Capital humain : la priorité de la génération montante
Au cœur des débats, la question du capital humain concentre les attentes d’une jeunesse qui aspire à des formations alignées sur les exigences du marché régional. La modernisation de l’enseignement supérieur intégrée au second C2d prévoit des amphithéâtres connectés, des laboratoires mutualisés et des programmes d’entrepreneuriat numérique. Pour Yvon Matondo, représentant de la société civile, « l’accès à des cursus de pointe sur place limite l’exode des compétences et dynamise le tissu des start-up locales ». En parallèle, le projet Telema, tourné vers l’insertion professionnelle, cible 10 000 jeunes d’ici 2029, combinant stages en entreprise, microfinancement et accompagnement managérial. Ce volet social, conçu comme une passerelle entre formation et emploi, constitue l’un des arguments majeurs de la coopération franco-congolaise.
Vers une synergie renforcée des partenaires techniques
Le Cos a également insisté sur la nécessité de prévoir dès aujourd’hui les budgets d’entretien des ouvrages livrés. L’expérience montre que sans maintenance pérenne, le cycle de vie d’une route ou d’un bâtiment hospitalier se réduit de moitié. Un accord de principe a été trouvé pour inscrire ces charges dans les lois de finances successives, tandis que l’Équipe Europe étudie la possibilité d’apporter une assistance technique à la Direction générale des grands travaux. La complémentarité AFD-BEI-LuxDev devrait ainsi éviter la dispersion des efforts et garantir une qualité d’exécution conforme aux standards internationaux.

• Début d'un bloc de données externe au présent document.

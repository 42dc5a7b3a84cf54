// Shifts.
ghost use Rattle.std.specs.Prelude.{◌≡◌, ◌+◌, ◌<◌};
ghost use Rattle.registers.specs.Shifts.{once, times, counted, count_left, shift_count as the_count, counting, left_kind, right_kind, shifted_left, shifted_right};

use crate::state::{Registers, Shift};
use instruction::words::{Fields, Index};

impl Shift {
    fn left(both: bool) -> Shift
        ensures { result ≡ left_kind both }
    {
        if both { Shift::LeftBoth } else { Shift::LeftA }
    }

    fn right(both: bool, around: bool) -> Shift
        ensures { result ≡ right_kind both around }
    {
        match (both, around) {
            (true, true) => Shift::Rotate,
            (true, false) => Shift::RightBoth,
            (false, _) => Shift::RightA,
        }
    }
}

impl Registers {
    #[tactic(auto, using(crate::proofs::Steps::turned))]
    fn shift_once(&mut self, shift: Shift)
        ensures { self.new ≡ once shift self.old }
    {
        let both = self.both();
        match shift {
            Shift::LeftA => {
                self.carry = self.a >= 32_768;
                self.a = self.a.wrapping_mul(2);
            }
            Shift::LeftBoth => {
                self.carry = self.a >= 32_768;
                self.load(both.wrapping_mul(2));
            }
            Shift::RightA => self.a /= 2,
            Shift::RightBoth => self.load((both.cast_signed() >> 1).cast_unsigned()),
            Shift::Rotate => self.load(both.rotate_right(1)),
        }
    }

    #[tactic(auto, using(crate::proofs::Steps::times_more))]
    // A count and a kind of shift go together in three functions here. A struct of the two would be made for each call and taken apart in it.
    fn shift_times(&mut self, count: u32, shift: Shift)
        ensures { self.new ≡ times count shift self.old }
    {
        for _ in 0..count {
            self.shift_once(shift);
        }
    }

    // Shifts until bit 0 of A is a one or the count is used up, and answers the count left.
    #[tactic(auto, using(crate::proofs::Steps::counted_more, crate::proofs::Steps::left_more))]
    fn shift_and_count(&mut self, count: u32, shift: Shift) -> u32
        ensures left { result ≡ count_left count shift self.old }
        ensures bound { result < count + 1 }
        ensures after { self.new ≡ counted count shift self.old }
    {
        for done in 0..count {
            if self.a >= 32_768 {
                return count - done;
            }
            self.shift_once(shift);
        }
        0
    }

    fn shift_count(&self, fields: &Fields) -> u32
        ensures value { result ≡ the_count fields.now.tag fields.now.count self.now }
        ensures bound { result < 64 }
    {
        match fields.tag {
            Some(x) => u32::from(self.index(x)) % 64,
            None => fields.count % 64,
        }
    }

    // The count left goes to the index register, below the eight bits that stay.
    fn shift_counting(&mut self, x: Index, count: u32, shift: Shift)
        requires { count < 64 }
        ensures { self.new ≡ counting x count shift self.old }
    {
        if count == 0 {
            return;
        }
        let left = self.shift_and_count(count, shift);
        let kept = self.index(x) / 256 * 256;
        self.load_index(x, kept + left as u16);
        self.carry = left > 0;
    }

    // SLA, SLT, SLCA and SLC.
    pub fn shift_left(&mut self, fields: &Fields)
        ensures { self.new ≡ shifted_left fields.now self.old }
    {
        let count = self.shift_count(fields);
        let shift = Shift::left(fields.indirect);
        match fields.tag {
            Some(x) if fields.branch_out => self.shift_counting(x, count, shift),
            _ => self.shift_times(count, shift),
        }
    }

    // SRA, SRT and RTE.
    pub fn shift_right(&mut self, fields: &Fields)
        ensures { self.new ≡ shifted_right fields.now self.old }
    {
        let count = self.shift_count(fields);
        self.shift_times(count, Shift::right(fields.indirect, fields.branch_out));
    }
}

2029 en ligne de mire : des signaux encourageants
Si tout se déroule selon le chronogramme arrêté, vingt‐trois projets auront été bouclés à l’horizon 2029. Outre la corniche et les infrastructures éducatives, la gestion des inondations à Pointe-Noire, le programme Mossala d’appui aux services publics et le projet de relance agricole devraient, à terme, générer des milliers d’emplois directs et indirects. À la clôture de la réunion, le ministre Christian Yoka a remercié « l’engagement constant de la France et l’ouverture d’esprit de l’Équipe Europe », avant de rappeler que la responsabilité ultime demeure nationale : assurer que les ressources converties répondent à l’exigence d’amélioration tangible du cadre de vie des Congolais. Cette ambition, déjà visible sur les berges du fleuve comme dans les salles d’hôpital rénovées, esquisse la trajectoire d’un partenariat qui, au-delà des chiffres, s’évalue à l’aune des opportunités offertes à la jeunesse.